## Task objective:
Among the records below, find each line containing the word "Adds" and copy it.

== Records to use ==

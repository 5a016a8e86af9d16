//! The pieces of a document that leaves are, which a run reads as a string: a label's, a title's or a destination's.
ghost use Rattle.std.specs.Prelude.{◌≡◌, ◌++◌, [], IfOk, OnOk, List};
ghost use Rattle.markdown_content.specs.declared.parser.Piece.{Piece};
ghost use Rattle.markdown_innermost.specs.InnermostEvents.{has_nothing_inside};
ghost use Rattle.markdown_model_laws.specs.LeafPieces.{meets, leaf_pieces};
ghost use Rattle.markdown_inline.specs.LastPiece.{with_last, in_front, with_leaf};

use markdown_content::parser::Piece;
use markdown_engine::event_list::EventSlice;
use markdown_event::event::{Event, Kind};
use std::alloc::{AllocError, Global};

// Whether the second begins where the first ends.
fn meets(piece: Piece, next: Piece) -> bool
    ensures { result ≡ meets piece next }
{
    piece.end.0 == next.start.0 && piece.end.1 == next.start.1
}

// Whether these two events are an Enter and its Exit, where the one stands right behind the other.
fn has_nothing_inside(enter: Event, exit: Event) -> bool
    ensures { result ≡ has_nothing_inside enter.kind exit.kind }
{
    matches!((enter.kind, exit.kind), (Kind::Enter, Kind::Exit))
}

// Adds a piece behind these and the last one, which the next may meet.
fn add(pieces: &mut Vec<Piece>, last: &mut Option<Piece>, piece: Piece) -> Result<(), AllocError>
    ensures { OnOk result ((more : List Piece)
        → pieces.new.items ++ with_last last.new more ≡ pieces.old.items ++ with_last last.old (in_front piece more)) }
{
    if meets(piece, piece) {
        return Ok(());
    }
    let before = *last;
    *last = Some(piece);
    if let Some(before) = before {
        if meets(before, piece) {
            *last = Some(Piece {
                start: before.start,
                end: piece.end,
            });
        } else {
            pieces.push(before)?;
        }
    }
    Ok(())
}

// Adds the piece that a leaf is, where these two are an Enter with its Exit right behind it.
fn add_leaf(
    pieces: &mut Vec<Piece>,
    last: &mut Option<Piece>,
    enter: Event,
    exit: Event,
) -> Result<(), AllocError>
    ensures { OnOk result ((more : List Piece)
        → pieces.new.items ++ with_last last.new more ≡ pieces.old.items ++ with_last last.old (with_leaf enter exit more)) }
{
    if !has_nothing_inside(enter, exit) {
        return Ok(());
    }
    let piece = Piece {
        start: (enter.point.index, enter.point.vs),
        end: (exit.point.index, exit.point.vs),
    };
    add(pieces, last, piece)
}

// All pieces: these, and the last one.
fn with_last(pieces: Vec<Piece>, last: Option<Piece>) -> Result<Vec<Piece>, AllocError>
    ensures { IfOk result (λ all. all.items ≡ pieces.items ++ with_last last []) }
{
    let mut all = pieces;
    if let Some(piece) = last {
        all.push(piece)?;
    }
    Ok(all)
}

/// The pieces that the innermost of these events are, those that meet as one.
///
/// Of the events of a node, or others that stand one after another in a run's answer, they are a content of its document: `laws::leaves_are_contents`.
///
/// The error comes only where memory is refused.
pub fn leaf_pieces(alloc: Global, events: &EventSlice) -> Result<Vec<Piece>, AllocError>
    ensures { IfOk result (λ pieces. pieces.items ≡ leaf_pieces events.now) }
{
    let mut pieces = Vec::new(alloc);
    let mut last = None;
    for index in 1..events.len() {
        add_leaf(
            &mut pieces,
            &mut last,
            events.at(index - 1),
            events.at(index),
        )?;
    }
    with_last(pieces, last)
}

===

## Written response:
// Adds a piece behind these and the last one, which the next may meet.
// Adds the piece that a leaf is, where these two are an Enter with its Exit right behind it.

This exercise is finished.